§ Your assignment: Using the data below, report how many lines hold the word "Chunk". Include nothing else in the reply.

------------------------------------------------------------------------

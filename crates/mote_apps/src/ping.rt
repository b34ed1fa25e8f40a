//! An application that broadcasts a count.

ghost use Rattle.std.specs.Prelude.{◌≡◌, None};
ghost use Rattle.mote_types.specs.declared.call.Call as call_of;
ghost use Rattle.mote_apps.specs.Ping.{ping_says, number_text, number_given, asked_answer, asked_next, ring_answer, ring_next};
ghost use Rattle.mote_apps.specs.declared.ping.Stage.{Stage};

use mote_types::app::App;
use mote_types::call::Call;
use mote_types::event::{Event, INIT, Payload, Stimulus, TIMER};
use mote_types::reply::{Chunk, Reply};
use mote_types::{push_bytes, push_decimal};

/// The ticks from one broadcast to the next.
const INTERVAL: u32 = 5;

/// Which reply is awaited.
#[derive(Clone, Copy, Drop)]
pub enum Stage {
    /// None.
    Idle,
    /// An event number.
    Asked,
    /// That of a broadcast.
    Sent,
}

/// Allocates an event number at its start. Each time its event timer 0 expires, it broadcasts a count under that number, and
/// resets the timer. It prints each count that it receives under that number (this project's profile).
#[derive(Drop)]
pub struct Ping {
    /// The event number that it has drawn.
    pub number: Option<u8>,
    /// The count that is broadcast next. It stays at its largest value.
    pub count: u32,
    pub stage: Stage,
}

/// Writes the call that prints the number in decimal and a line end into the buffer, with the text at once.
// A function of its own, since it has room for bytes, which is cleared at its entry.
#[inline(never)]
fn put_count(call: &mut Call, n: u32)
    ensures { call.new ≡ call_of.Call.Print (record { items = number_text n }) }
{
    *call = Call::Print(Chunk::new());
    match call {
        Call::Print(text) => {
            push_decimal(text, n);
            push_bytes(text, b"\n");
        }
        _ => unreachable!(),
    }
}

/// The event number that a reply gives.
fn given_number(reply: &Reply) -> Option<u8>
    ensures { result ≡ number_given reply.now }
{
    match reply {
        Reply::Num(n) if *n <= 255 => Some(*n as u8),
        _ => None,
    }
}

impl Ping {
    /// It has no number, and counts from 0.
    pub fn new() -> Self
        ensures { result ≡ record { number = None; count = 0; stage = Stage.Idle } }
    {
        Ping {
            number: None,
            count: 0,
            stage: Stage::Idle,
        }
    }

    /// The reply to `AllocEvent` has come.
    fn begin(&mut self, reply: &Reply, call: &mut Call)
        ensures call { call.new ≡ asked_answer (number_given reply.now) }
        ensures state { self.new ≡ asked_next (number_given reply.now) self.old }
    {
        self.stage = Stage::Idle;
        match given_number(reply) {
            Some(number) => {
                self.number = Some(number);
                *call = Call::TimerSet(0, INTERVAL);
            }
            None => *call = Call::Exit,
        }
    }

    /// The timer has run out.
    fn ring(&mut self, call: &mut Call)
        ensures call { call.new ≡ ring_answer self.old.number self.old.count }
        ensures state { self.new ≡ ring_next self.old.number self.old }
    {
        match self.number {
            Some(number) => {
                let count = self.count;
                self.count = count.saturating_add(1);
                self.stage = Stage::Sent;
                *call = Call::Broadcast(number, Payload::Num(count));
            }
            None => *call = Call::Wait,
        }
    }
}

impl App for Ping {
    ghost says = { ping_says };

    fn turn(&mut self, stimulus: &Stimulus) -> Call {
        let mut call = Call::Wait;
        self.turn_into(stimulus, &mut call);
        call
    }

    #[inline(never)]
    fn turn_into(&mut self, stimulus: &Stimulus, call: &mut Call) {
        match stimulus {
            Stimulus::Event(Event { code: INIT, .. }) => {
                self.count = 0;
                self.stage = Stage::Asked;
                *call = Call::AllocEvent;
            }
            Stimulus::Event(Event { code: TIMER, .. }) => self.ring(call),
            Stimulus::Event(
                Event {
                    code,
                    payload: Payload::Num(n),
                },
            ) if self.number == Some(*code) => put_count(call, *n),
            Stimulus::Answer(reply) => match self.stage {
                Stage::Idle => *call = Call::Wait,
                Stage::Asked => self.begin(reply, call),
                Stage::Sent => {
                    self.stage = Stage::Idle;
                    *call = Call::TimerReset(0);
                }
            },
            // Of sixteen of these applications each hears the counts of all: a buffer that still has a wait isn't written again.
            _ => {
                if !matches!(call, Call::Wait) {
                    *call = Call::Wait;
                }
            }
        }
    }
}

------------------------------------------------------------------------

§ Reply to the task: 2